The geometric dimensions of the core, which has no gap, Figure 9 shows the two secondary windings 8a and 8b are wound on the two 30mm long core sides. In a further step, the primary winding was wound in half over the secondary windings 8a and down on the two long core sides.

The transformer is encapsulated in the lamp socket together with the pulse source and the operating device. Parts of the control gear which are particularly hot during operation were thereby be arranged, such as power semiconductors, in close proximity to the ignition transformer to use their waste heat to heat the transformer core can. During operation, therefore, very little energy must be removed from the lamp circuit in order to keep the transformer core close to the Curie temperature.

An ignition transformer for a discharge lamp with a transformer core is provided. The material and the dimension of the transformer core are chosen in such a way that the Curie temperature of the material after the ignition effected by means of the ignition transformer can be achieved by a voltage drop across a secondary winding of the ignition transformer. In this way, only one residual inductance remains for the secondary winding. Furthermore, a lamp base for a discharge lamp is provided with such an ignition transformer, the discharge vessel of the lamp preferably projecting at least in sections into the center hole of the ignition transformer in the lamp base, resulting in a compact lamp base with discharge lamp.

Claims

claims

An ignition transformer (2) for a discharge lamp having a transformer core (14) whose material and dimensions are selected in such a manner that the Curie temperature of the material after ignition by the ignition transformer (2) is caused by a voltage drop across a secondary winding (8) of the ignition transformer is accessible.

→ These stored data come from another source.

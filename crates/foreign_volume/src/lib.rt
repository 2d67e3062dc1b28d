//! Volumes that the kernel or its tools made, opened: the superblock, the chunks, and the roots of the subvolumes.
//!
//! `open` answers what `specs/Opened.antt` defines of the disk's image, or the first fault; `subvolumes` the same of the
//! root tree (`specs/Roots.antt`).
#![tactic(auto)]

mod chunks;
pub mod laws;
mod opened;
mod roots;

pub use opened::{Opened, open};
pub use roots::{Subvolume, subvolumes};

#[cfg(test)]
mod tests;
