ghost use Rattle.std.specs.Prelude.{◌≡◌, ◌++◌, ℕ, List, ◌∷◌, Bool, Contains, true, false};
ghost use Rattle.blk_base.specs.declared.key.SubId.{SubId};
ghost use Rattle.blk_base.specs.declared.key.Ino.{Ino};
ghost use Rattle.flat_model.specs.Volume.{Volume};
ghost use Rattle.flat_model.specs.Coherent.{IsCoherentVolume};
ghost use Rattle.flat_model.specs.declared.answer.Answer.{Answer};
ghost use Rattle.commit_history.specs.declared.event.Event.{Event};
ghost use Rattle.commit_history.specs.declared.event.Event.TheVariants as event;
ghost use Rattle.commit_history.specs.declared.event.Logged.{Logged};
ghost use Rattle.commit_history.specs.State.{HasLog, SubLog};
ghost use Rattle.commit_history.specs.Effects.{state_of, synced};
ghost use Rattle.commit_history.specs.Survival.{operations_of};
ghost use Rattle.commit_promises.specs.Answered.{EachLeft, HasAnswered, EntriesAreSince, NamesAreSince, RecordIsSince, is_durable, number_given};

/// Law: an fsync or fdatasync is acknowledged from the moment on at which it has an answer by which it is durable: its
/// subvolume's log has it among those that no crash may undo, with the point of its log step (own).
pub fn answered_fsyncs_are_acknowledged()
    ensures { (volume : Volume) (front back : List Event) (caller : ℕ) (sub : SubId) (ino : Ino) (end : Logged) (datasync : Bool)
        (old new : SubLog) (answer : Answer) → IsCoherentVolume volume
        → HasAnswered volume front (event.Log caller sub ino end datasync) back answer → is_durable answer ≡ true
        → HasLog (state_of volume front) sub.0 old → HasLog (state_of volume (front ++ event.Log caller sub ino end datasync ∷ back)) sub.0 new
        → Contains new.acknowledged (synced old caller (state_of volume front).point ino.0 datasync (number_given end)) }
{}

/// Law: once an fsync or fdatasync has such an answer, whatever a crash leaves has the inode's record as at a point not
/// before its log step, and after an fsync its names too, and where it is a directory's the names of what it had and of
/// what it has (own).
pub fn answered_fsyncs_survive()
    ensures records { (volume : Volume) (front back : List Event) (caller : ℕ) (sub : SubId) (ino : Ino) (end : Logged) (datasync : Bool)
        (answer : Answer) → IsCoherentVolume volume
        → HasAnswered volume front (event.Log caller sub ino end datasync) back answer → is_durable answer ≡ true
        → EachLeft volume (front ++ event.Log caller sub ino end datasync ∷ back) sub.0
        (RecordIsSince volume (operations_of (front ++ event.Log caller sub ino end datasync ∷ back)) sub.0 ino.0 (state_of volume front).point) }
    ensures names { (volume : Volume) (front back : List Event) (caller : ℕ) (sub : SubId) (ino : Ino) (end : Logged) (answer : Answer)
        → IsCoherentVolume volume → HasAnswered volume front (event.Log caller sub ino end false) back answer → is_durable answer ≡ true
        → EachLeft volume (front ++ event.Log caller sub ino end false ∷ back) sub.0
        (NamesAreSince volume (operations_of (front ++ event.Log caller sub ino end false ∷ back)) sub.0 ino.0 (state_of volume front).point) }
    ensures entries { (volume : Volume) (front back : List Event) (caller : ℕ) (sub : SubId) (dir : Ino) (end : Logged) (answer : Answer)
        → IsCoherentVolume volume → HasAnswered volume front (event.Log caller sub dir end false) back answer → is_durable answer ≡ true
        → EachLeft volume (front ++ event.Log caller sub dir end false ∷ back) sub.0
        (EntriesAreSince volume (operations_of (front ++ event.Log caller sub dir end false ∷ back)) sub.0 dir.0 (state_of volume front).point) }
{}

2. Ignition transformer according to claim 1, wherein the Curie temperature of the material in the range of 60 ⁰ C to 400 ⁰ C.

3. ignition transformer according to claim 1 or 2, wherein the magnetic length and the magnetically active cross section of the transformer core (14) is minimized in such a way that sufficient for the ignition magnetic coupling between the primary and secondary windings (4, 8) in cold condition of the ignition transformer is present.

4. Ignition transformer according to one of the preceding claims, wherein the transformer core is formed annular.

5. Ignition transformer according to one of the preceding claims, wherein the ignition transformer is formed thermally insulated.

6. ignition transformer according to claim 5, wherein the transformer core (14) is cast for thermal and / or electrical or electrical insulation.

7. Ignition transformer according to claim 5, wherein the transformer core (14) is provided in a sealed housing, through which a convection of air is reduced.

8. Ignition transformer according to one of the preceding claims, which is provided for a high-pressure discharge lamp.

9. lamp base (12) for a discharge lamp with an ignition transformer (14) according to one of the preceding claims.

10. Lamp base according to claim 9, wherein the discharge barrel (20) of the lamp projects into the center hole of the ignition transformer in the lamp base (12) at least in sections.